Ibrahim Mohamed est venu de la province de Charqiya, dans le delta du Nil (nord). Il a planté une tente devant la mosquée et affirme qu'il ne bougera pas tant que Mohamed Morsi, dont il a accroché un portrait derrière lui, ne sera pas revenu au pouvoir.

«Nous sommes des millions (de pro-Morsi), nous sommes bien plus nombreux que les opposants» au président, affirme-t-il.

Comme lui, la plupart des manifestants croient dur comme fer à la popularité du chef de l'État issu des Frères musulmans, évincé par l'armée à la suite des manifestations monstres du 30 juin réclamant son départ.

Beaucoup sont ainsi persuadés que les manifestations anti-Morsi n'étaient qu'une mise en scène.

«Les manifestants du 30 juin étaient des soldats des services de sécurité (police anti-émeute) et des anciens (du régime de l'ex-président Hosni Moubarak). Les médias ont exagéré les images et fait circuler la rumeur que toute l'Égypte était dans la rue», s'exclame Sayyed Abdullah, un ingénieur.

Pour preuve de la popularité incontestable de M. Morsi, selon eux, les orateurs qui se succèdent en tribune assurent que même des chrétiens d'Égypte (coptes) réclament son retour.

Les discours sont souvent enflammés et chargés de rhétorique religieuse.

Certains intervenants liés aux Frères musulmans ont même raconté que des miracles en faveur de M. Morsi s'étaient produits.
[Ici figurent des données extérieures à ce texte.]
//! The layout of a dump that is printed.
ghost use Rattle.std.specs.Prelude.{◌≡◌, IfOk};
ghost use Rattle.jspare.specs.Showing.{IsSpareShown, has_damage};

use crate::finding::spare_of;
use crate::layout::PageLayout;
use jinfo::info_of;
use jscan::GREATEST_IMAGE;
use std::alloc::{AllocError, Global};

/// Whether a dump has a damaged node.
#[tactic(auto, unfolding(crate::specs::Showing::has_damage))]
fn has_damage(dump: &[u8]) -> bool
    ensures { result ≡ has_damage dump.now }
{
    dump.len() <= GREATEST_IMAGE && info_of(dump).census.nodes.damaged > 0
}

/// The layout of a dump, of the usual ones: the one by which most of its nodes are sound. None, if
/// no node is damaged, or if by none of them more nodes are sound. It takes the memory of the dump
/// if a node is damaged, and time linear in its bytes.
pub fn spare_shown(alloc: Global, dump: &[u8]) -> Result<Option<PageLayout>, AllocError>
    ensures { IfOk result (λ found. IsSpareShown dump.now found) }
{
    if has_damage(dump) {
        spare_of(alloc, dump)
    } else {
        Ok(None)
    }
}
Ainsi, l'un d'eux a raconté que le prophète Mahomet était apparu au président déchu, un autre que l'archange Gabriel avait fait une apparition au-dessus de la mosquée.
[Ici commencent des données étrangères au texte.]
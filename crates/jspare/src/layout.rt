//! Pages with spare bytes.

/// The bytes of a page, and the spare ones behind it.
#[derive(Clone, Copy, Debug, PartialEq, Eq)]
pub struct PageLayout {
    pub page: u32,
    pub spare: u32,
}

/// The usual layouts of NAND chips.
pub const LAYOUTS: [PageLayout; 4] = [
    PageLayout {
        page: 512,
        spare: 16,
    },
    PageLayout {
        page: 2048,
        spare: 64,
    },
    PageLayout {
        page: 4096,
        spare: 128,
    },
    PageLayout {
        page: 4096,
        spare: 224,
    },
];
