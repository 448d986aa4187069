//! A dump of NAND flash that has the spare bytes behind each page, and the image that it holds.
//!
//! A programmer, or `nanddump -o`, reads each page with its spare bytes (OOB): those of the flash's
//! own error correction, which are no part of the file system. It is built on `jinfo` (the nodes of
//! an image of which nothing is known).
//!
//! - `PageLayout` is the size of a page and of its spare bytes; `LAYOUTS` are the usual ones.
//! - `drop_spare` makes the image of a dump, in the dump's own memory.
//! - `PageSource` gives the same of a source, page by page.
//! - `Region` is the part of a file that is the image: an offset and a length, which do not count the
//!   spare bytes. `RegionSource` gives this part of a source, and refuses one that the file does not
//!   have.
//! - `spare_of` finds the layout of a dump by its whole nodes, `spare_shown` only if a node is
//!   damaged; `put_spare` puts the line on it.
#![tactic(auto)]

mod dropping;
pub mod examples;
mod finding;
pub mod laws;
mod layout;
mod line;
mod part;
mod region;
mod showing;
mod source;

pub use crate::dropping::drop_spare;
pub use crate::finding::spare_of;
pub use crate::layout::{LAYOUTS, PageLayout};
pub use crate::line::put_spare;
pub use crate::part::RegionSource;
pub use crate::region::Region;
pub use crate::showing::spare_shown;
pub use crate::source::PageSource;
D'autres orateurs font courir des rumeurs sur des désertions en faveur de M. Morsi, ce que l'armée a démenti.

De leur côté, des médias ont affirmé que les Frères musulmans avaient confisqué les pièces d'identité des manifestants pour les forcer à rester sur la place. La confrérie a démenti.

«Nous ne contrôlons absolument pas ce qui se dit sur la tribune», a indiqué à l'AFP Ahmed Aref, le porte-parole des Frères musulmans, ajoutant que les orateurs étaient seuls responsables de leurs déclarations.
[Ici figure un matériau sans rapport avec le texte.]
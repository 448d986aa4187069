//! Worked examples. Each function's contract has numbers and no variables, and its body is empty.

ghost use Rattle.std.specs.Prelude.{◌≡◌, [], ◌∷◌, None, Some, IsFalse, IsTrue};
ghost use Rattle.jspare.specs.Paging.{pages_left};
ghost use Rattle.jspare.specs.Regions.{cut_out, has_region, region_of};
ghost use Rattle.jspare.specs.Spare.{without_spare};

/// Pages of two bytes with one spare byte: a dump that ends with a page, within a page, within the
/// spare bytes, and an empty one.
#[tactic(auto, unfolding(crate::specs::Spare::first_pages))]
pub fn known_pages()
    ensures whole { without_spare (record { page = 2; spare = 1 }) (1 ∷ 2 ∷ 9 ∷ 3 ∷ 4 ∷ 8 ∷ [])
        ≡ 1 ∷ 2 ∷ 3 ∷ 4 ∷ [] }
    ensures short { without_spare (record { page = 2; spare = 1 }) (1 ∷ 2 ∷ 9 ∷ 3 ∷ [])
        ≡ 1 ∷ 2 ∷ 3 ∷ [] }
    ensures cut_spare { without_spare (record { page = 2; spare = 1 }) (1 ∷ 2 ∷ 9 ∷ 3 ∷ 4 ∷ [])
        ≡ 1 ∷ 2 ∷ 3 ∷ 4 ∷ [] }
    ensures no_spare { without_spare (record { page = 2; spare = 0 }) (1 ∷ 2 ∷ 3 ∷ [])
        ≡ 1 ∷ 2 ∷ 3 ∷ [] }
    ensures empty { without_spare (record { page = 2; spare = 1 }) [] ≡ [] }
{}

/// What is left of such a dump: from the beginning of a page, from within it, from its spare byte,
/// from behind that, and at the end.
#[tactic(auto, unfolding(crate::specs::Spare::first_pages, crate::specs::Paging::pages_left))]
pub fn known_left()
    ensures page { pages_left (record { page = 2; spare = 1 }) 3 (1 ∷ 2 ∷ 9 ∷ 3 ∷ [])
        ≡ 1 ∷ 2 ∷ 3 ∷ [] }
    ensures within { pages_left (record { page = 2; spare = 1 }) 2 (2 ∷ 9 ∷ 3 ∷ 4 ∷ 8 ∷ [])
        ≡ 2 ∷ 3 ∷ 4 ∷ [] }
    ensures spare { pages_left (record { page = 2; spare = 1 }) 1 (9 ∷ 3 ∷ 4 ∷ []) ≡ 3 ∷ 4 ∷ [] }
    ensures behind { pages_left (record { page = 2; spare = 1 }) 0 (3 ∷ 4 ∷ 8 ∷ []) ≡ 3 ∷ 4 ∷ [] }
    ensures empty { pages_left (record { page = 2; spare = 1 }) 2 [] ≡ [] }
{}

/// What is cut out of four bytes, from an offset on: all, so many, none, and behind their end.
pub fn known_cuts()
    ensures all { cut_out 1 None (1 ∷ 2 ∷ 3 ∷ 4 ∷ []) ≡ 2 ∷ 3 ∷ 4 ∷ [] }
    ensures some { cut_out 1 (Some 2) (1 ∷ 2 ∷ 3 ∷ 4 ∷ []) ≡ 2 ∷ 3 ∷ [] }
    ensures whole { cut_out 0 None (1 ∷ 2 ∷ 3 ∷ 4 ∷ []) ≡ 1 ∷ 2 ∷ 3 ∷ 4 ∷ [] }
    ensures end { cut_out 4 None (1 ∷ 2 ∷ 3 ∷ 4 ∷ []) ≡ [] }
    ensures behind { cut_out 3 (Some 2) (1 ∷ 2 ∷ 3 ∷ 4 ∷ []) ≡ 4 ∷ [] }
{}

/// A region of a dump that has a spare byte behind each page of two: the offset counts the bytes
/// without the spare ones.
#[tactic(auto, unfolding(crate::specs::Spare::first_pages))]
pub fn known_regions()
    ensures spare { region_of (record {
      layout = Some (record { page = 2; spare = 1 });
      offset = 3;
      length = Some 2;
    }) (1 ∷ 2 ∷ 9 ∷ 3 ∷ 4 ∷ 9 ∷ 5 ∷ 6 ∷ []) ≡ 4 ∷ 5 ∷ [] }
    ensures plain { region_of (record { layout = None; offset = 3; length = Some 2 })
        (1 ∷ 2 ∷ 9 ∷ 3 ∷ 4 ∷ 9 ∷ 5 ∷ 6 ∷ []) ≡ 3 ∷ 4 ∷ [] }
{}

/// Which regions a dump has: all of an empty one; to its last byte, and no further; from its last
/// byte on, and not from behind it; and the spare bytes do not count.
#[tactic(auto, unfolding(crate::specs::Spare::first_pages))]
pub fn known_ends()
    ensures empty { IsTrue (has_region (record { layout = None; offset = 0; length = None }) []) }
    ensures to_last { IsTrue (has_region (record { layout = None; offset = 1; length = Some 2 })
        (1 ∷ 2 ∷ 3 ∷ [])) }
    ensures further { IsFalse (has_region (record { layout = None; offset = 1; length = Some 3 })
        (1 ∷ 2 ∷ 3 ∷ [])) }
    ensures last { IsTrue (has_region (record { layout = None; offset = 2; length = None })
        (1 ∷ 2 ∷ 3 ∷ [])) }
    ensures behind { IsFalse (has_region (record { layout = None; offset = 3; length = None })
        (1 ∷ 2 ∷ 3 ∷ [])) }
    ensures spare { IsFalse (has_region (record {
      layout = Some (record { page = 2; spare = 1 });
      offset = 2;
      length = Some 2;
    }) (1 ∷ 2 ∷ 9 ∷ 3 ∷ [])) }
{}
La confrérie «n'exerce aucune pression sur qui que ce soit pour rester», a-t-il ajouté.

Outre la ténacité, un sentiment d'amertume règne aussi sur la place et lors de la prière collective, des centaines de fidèles pleurent, implorant le retour de Mohamed Morsi.

Les plus exaltés se disent prêts à mourir pour lui.

Dans les rues, des T-shirts blancs marqués du slogan «Martyr prévu» ont commencé à faire leur apparition.

«Je ne quitterai pas cet endroit ou alors ce sera dans un cercueil. Nous soutiendrons Morsi avec notre sang», a affirmé à l'AFP Mohamed Youssri, un adolescent arborant un de ces T-shirts.

«Je suis totalement conscient de ce que cela signifie. Oui, je suis prêt à mourir pour ma religion, mes Frères (musulmans) et mon président», a-t-il ajouté.